Хозяйка Шварцвальда - Уна Харт
Шрифт:
Интервал:
Закладка:
– Это какая-то злая насмешка, – произнес он. – Моя первая жена никогда не пропускала мессу, а самым большим ее грехом была любовь к цветным лентам и танцам. Но ее сожгли как ведьму. Зато моя вторая жена, как выяснилось, и вправду умеет колдовать. Остается только радоваться, что хоть тебя не сожгли! Я мог бы спросить, насылала ли ты чуму на город, уничтожала ли посевы градом и целовала ли Сатану в волосатый зад, но я знаю, что ты этого не делала. Осталось только узнать, за какую цену ты продала свою душу.

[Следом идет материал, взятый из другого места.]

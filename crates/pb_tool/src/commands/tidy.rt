//! `pb tidy`: the canonical text of a file.

ghost use Rattle.std.specs.Prelude.{◌≡◌, ◌<◌, ◌^◌, false, true, unwrap_or, IfSome};
ghost use Rattle.pb_text.specs.contract.Automaton.{AcceptsItems, MayAsk};
ghost use Rattle.pb_text.specs.meaning.Pulling.{OfGiven};
ghost use Rattle.pb_tool.specs.contract.Faults.{faults_reported};
ghost use Rattle.pb_tool.specs.contract.Tidy.{TidiesFile, TidiesProof, Tidies};
ghost use Rattle.pb_tool.specs.engine.Gathered.{TidiesEach};
ghost use Rattle.pb_tool.specs.contract.Given.{TidiesGiven};
ghost use Rattle.pb_tool.specs.contract.Seen.{SawFile};

mod form_lines;
mod instance_text;
mod normal_text;
mod page;
mod proof_text;

use crate::canonical::Canonical;
use crate::commands::tidy::instance_text::InstanceText;
use crate::commands::tidy::normal_text::NormalText;
use crate::commands::tidy::proof_text::ProofText;
use crate::fault::{Input, ToolFault, text_fault};
use crate::file::{Format, format_of, read_file, unread_file};
use pb_normal::HashKeys;
use pb_opb::OpbMachine;
use pb_proof::ProofMachine;
use pb_text::{BYTE_LIMIT, Failed, Gather, Limits, Machine, Sink, Source};
use std::alloc::Global;

/// Reads a file and writes its canonical text, with a line feed if the text does not end in one.
/// Only white space and comments may follow the text of the file. A file whose first byte is `p` is
/// read as a proof, any other as an instance. Nothing is written before the whole input was
/// accepted.
///
/// With `normal` every file is read as an instance and written in normal form. Each constraint `>=`
/// becomes its form, each `=` its two forms. The variables and the objective of the instance stay;
/// its tail and comments are left out. Nothing is written before each constraint was normalised.
/// The result is `Overflow` if a constraint exceeds the limit.
///
/// `longest` is the maximum number of bytes of a statement, if there is such a limit. The names of
/// an instance are hashed with fixed keys: use `tidy_with_hasher` for files from untrusted sources.
pub fn tidy<S: Source, W: Sink>(
    alloc: Global,
    input: &mut S,
    normal: bool,
    out: &mut W,
    longest: Option<u64>,
    limits: Limits,
) -> Result<(), ToolFault>
    requires { IfSome longest (λ n. 0 < n) }
    ensures tidies { TidiesFile limits (unwrap_or longest (2 ^ 40)) W.contents W.faults normal
        (S.left input.old) out.old result (S.left input.new) out.new }
    // For any source, files included: the result is right for the bytes that its calls have given.
    ensures given { TidiesGiven limits (unwrap_or longest (2 ^ 40)) W.contents W.faults normal
        (S.history input.old) out.old result (S.history input.new) out.new }
    // A rejected byte is the one that the source has shown. The text ends only if the source has
    // shown its end.
    ensures seen { SawFile (S.shown input.new) (S.ended input.new) result }
    // `Read` comes only if the source failed.
    ensures faults { S.faults input.new ≡ faults_reported result (S.faults input.old) }
{
    tidy_with_hasher(alloc, HashKeys::Fixed, input, normal, out, longest, limits)
}

/// The same as `tidy`, with the names of an instance hashed with these keys.
pub fn tidy_with_hasher<S: Source, W: Sink>(
    alloc: Global,
    keys: HashKeys,
    input: &mut S,
    normal: bool,
    out: &mut W,
    longest: Option<u64>,
    limits: Limits,
) -> Result<(), ToolFault>
    requires { IfSome longest (λ n. 0 < n) }
    ensures tidies { TidiesFile limits (unwrap_or longest (2 ^ 40)) W.contents W.faults normal
        (S.left input.old) out.old result (S.left input.new) out.new }
    // For any source, files included: the result is right for the bytes that its calls have given.
    ensures given { TidiesGiven limits (unwrap_or longest (2 ^ 40)) W.contents W.faults normal
        (S.history input.old) out.old result (S.history input.new) out.new }
    // A rejected byte is the one that the source has shown. The text ends only if the source has
    // shown its end.
    ensures seen { SawFile (S.shown input.new) (S.ended input.new) result }
    // `Read` comes only if the source failed.
    ensures faults { S.faults input.new ≡ faults_reported result (S.faults input.old) }
{
    let longest = longest.unwrap_or(BYTE_LIMIT);
    if normal {
        return tidy_normal(alloc, keys, input, out, longest, limits);
    }
    match format_of(input) {
        Ok(Format::Proof) => tidy_proof(alloc, input, out, longest, limits),
        Ok(Format::Instance) => tidy_instance(alloc, input, out, longest, limits),
        Err(Failed) => Err(unread_file(alloc, limits)),
    }
}

/// The same for a proof: its canonical text and a line feed.
fn tidy_proof<S: Source, W: Sink>(
    alloc: Global,
    input: &mut S,
    out: &mut W,
    longest: u64,
    limits: Limits,
) -> Result<(), ToolFault>
    requires { 0 < longest }
    ensures tidies { TidiesProof limits longest W.contents W.faults
        (S.left input.old) out.old result (S.left input.new) out.new }
    ensures given { OfGiven (λ left rest.
        TidiesProof limits longest W.contents W.faults left out.old result rest out.new)
        (S.history input.old) (S.history input.new) }
    ensures seen { SawFile (S.shown input.new) (S.ended input.new) result }
    ensures faults { S.faults input.new ≡ faults_reported result (S.faults input.old) }
{
    tidy_each(
        ProofMachine::new(alloc, limits),
        ProofText::new(alloc),
        longest,
        input,
        out,
    )
}

/// The same for an instance: its canonical text, and a line feed if the text does not end in one.
fn tidy_instance<S: Source, W: Sink>(
    alloc: Global,
    input: &mut S,
    out: &mut W,
    longest: u64,
    limits: Limits,
) -> Result<(), ToolFault>
    requires { 0 < longest }
    ensures tidies { Tidies limits longest false W.contents W.faults
        (S.left input.old) out.old result (S.left input.new) out.new }
    ensures given { OfGiven (λ left rest.
        Tidies limits longest false W.contents W.faults left out.old result rest out.new)
        (S.history input.old) (S.history input.new) }
    ensures seen { SawFile (S.shown input.new) (S.ended input.new) result }
    ensures faults { S.faults input.new ≡ faults_reported result (S.faults input.old) }
{
    tidy_each(
        OpbMachine::new(alloc, limits),
        InstanceText::new(alloc),
        longest,
        input,
        out,
    )
}

/// The same for any machine: the text of its statements gathered, beginning with `empty`. Nothing
/// is written before the whole input was accepted.
fn tidy_each<S: Source, W: Sink, M: Machine + Drop, G: Gather<Event = M::Event> + Canonical + Drop>(
    machine: M,
    empty: G,
    longest: u64,
    input: &mut S,
    out: &mut W,
) -> Result<(), ToolFault>
    requires between { M.automaton.begun machine ≡ false }
    requires some { 0 < longest }
    ensures tidies { TidiesEach (AcceptsItems M.automaton machine) longest G.with empty
        (MayAsk M.automaton machine) G.asks G.text W.contents W.faults
        (S.left input.old) out.old result (S.left input.new) out.new }
    ensures given { OfGiven (λ left rest.
        TidiesEach (AcceptsItems M.automaton machine) longest G.with empty
        (MayAsk M.automaton machine) G.asks G.text W.contents W.faults left out.old result rest
        out.new) (S.history input.old) (S.history input.new) }
    ensures seen { SawFile (S.shown input.new) (S.ended input.new) result }
    ensures faults { S.faults input.new ≡ faults_reported result (S.faults input.old) }
{
    let text = match read_file(input, machine, longest, empty) {
        Ok(text) => text,
        Err(stop) => return Err(text_fault(Input::File, stop)),
    };
    match text.write_text(out) {
        Ok(()) => Ok(()),
        Err(Failed) => Err(ToolFault::Write),
    }
}

/// Reads an instance and writes its normal form, with a line feed if the text does not end in one.
/// Only white space and comments may follow the instance.
fn tidy_normal<S: Source, W: Sink>(
    alloc: Global,
    keys: HashKeys,
    input: &mut S,
    out: &mut W,
    longest: u64,
    limits: Limits,
) -> Result<(), ToolFault>
    requires { 0 < longest }
    ensures tidies { Tidies limits longest true W.contents W.faults
        (S.left input.old) out.old result (S.left input.new) out.new }
    ensures given { OfGiven (λ left rest.
        Tidies limits longest true W.contents W.faults left out.old result rest out.new)
        (S.history input.old) (S.history input.new) }
    ensures seen { SawFile (S.shown input.new) (S.ended input.new) result }
    ensures faults { S.faults input.new ≡ faults_reported result (S.faults input.old) }
{
    let machine = OpbMachine::new(alloc, limits);
    let empty = NormalText::new(alloc, keys, limits);
    let text = match read_file(input, machine, longest, empty) {
        Ok(text) => text,
        Err(refusal) => return Err(text_fault(Input::File, refusal)),
    };
    text.write(alloc, out)
}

– Это простой вопрос, – тихо ответил Агата. – На этот счет можешь не волноваться: моя душа при мне.
Ответ его заметно приободрил. Рудольф оживился. Знал бы он, как дешево нынче стоят человеческие души…
Он наклонился вперед, уперев локти в колени:
– Тогда вот вопрос посложнее. Ты понимаешь, что случится, если об этом прознает Киблер? Никакие демоны не спасут тебя от этого ублюдка.
«Могут спасти, – подумала Агата, – но не захотят».
– Я хочу заключить с тобой договор. – Рудольф говорил очень серьезно, и хотя Агата не могла видеть его глаз, но точно знала, что он смотрит на нее. – Хочу взять с тебя слово, что ты никогда больше не будешь колдовать. Что бы ни случилось, какие бы соблазны тебя ни одолевали, поклянись этого не делать. Это важно для меня, Агата.
Всем нужны клятвы… Кто бы ни встречался на ее пути, все хотели завладеть ею.
Но ведь для Рудольфа это и вправду было важно. Он верил в Бога истово, яростно и так же искренне боялся, что колдовство приведет Агату в ад. Кристоф Вагнер любил говорить, что они все уже горят в аду, просто еще не успели хорошенько пропечься. Но Ауэрхан не разделял его веселья. Однажды Агата спросила его, чем же по-настоящему страшен ад. «Тем, что ты никогда не встретишься с людьми, которых любила», – ответил демон.
Что, если после смерти они с Рудольфом не найдут друг друга?
– Клянусь, – сказала она. – Обещаю, что никогда больше не стану колдовать.
Свечи дрогнули и потухли, погружая комнату во тьму.
Глава 25
Ганс Грубер помогал доктору чем мог, но выглядел уставшим и растерянным. По его словам, он не думал, что в Эльвангене будет столько работы.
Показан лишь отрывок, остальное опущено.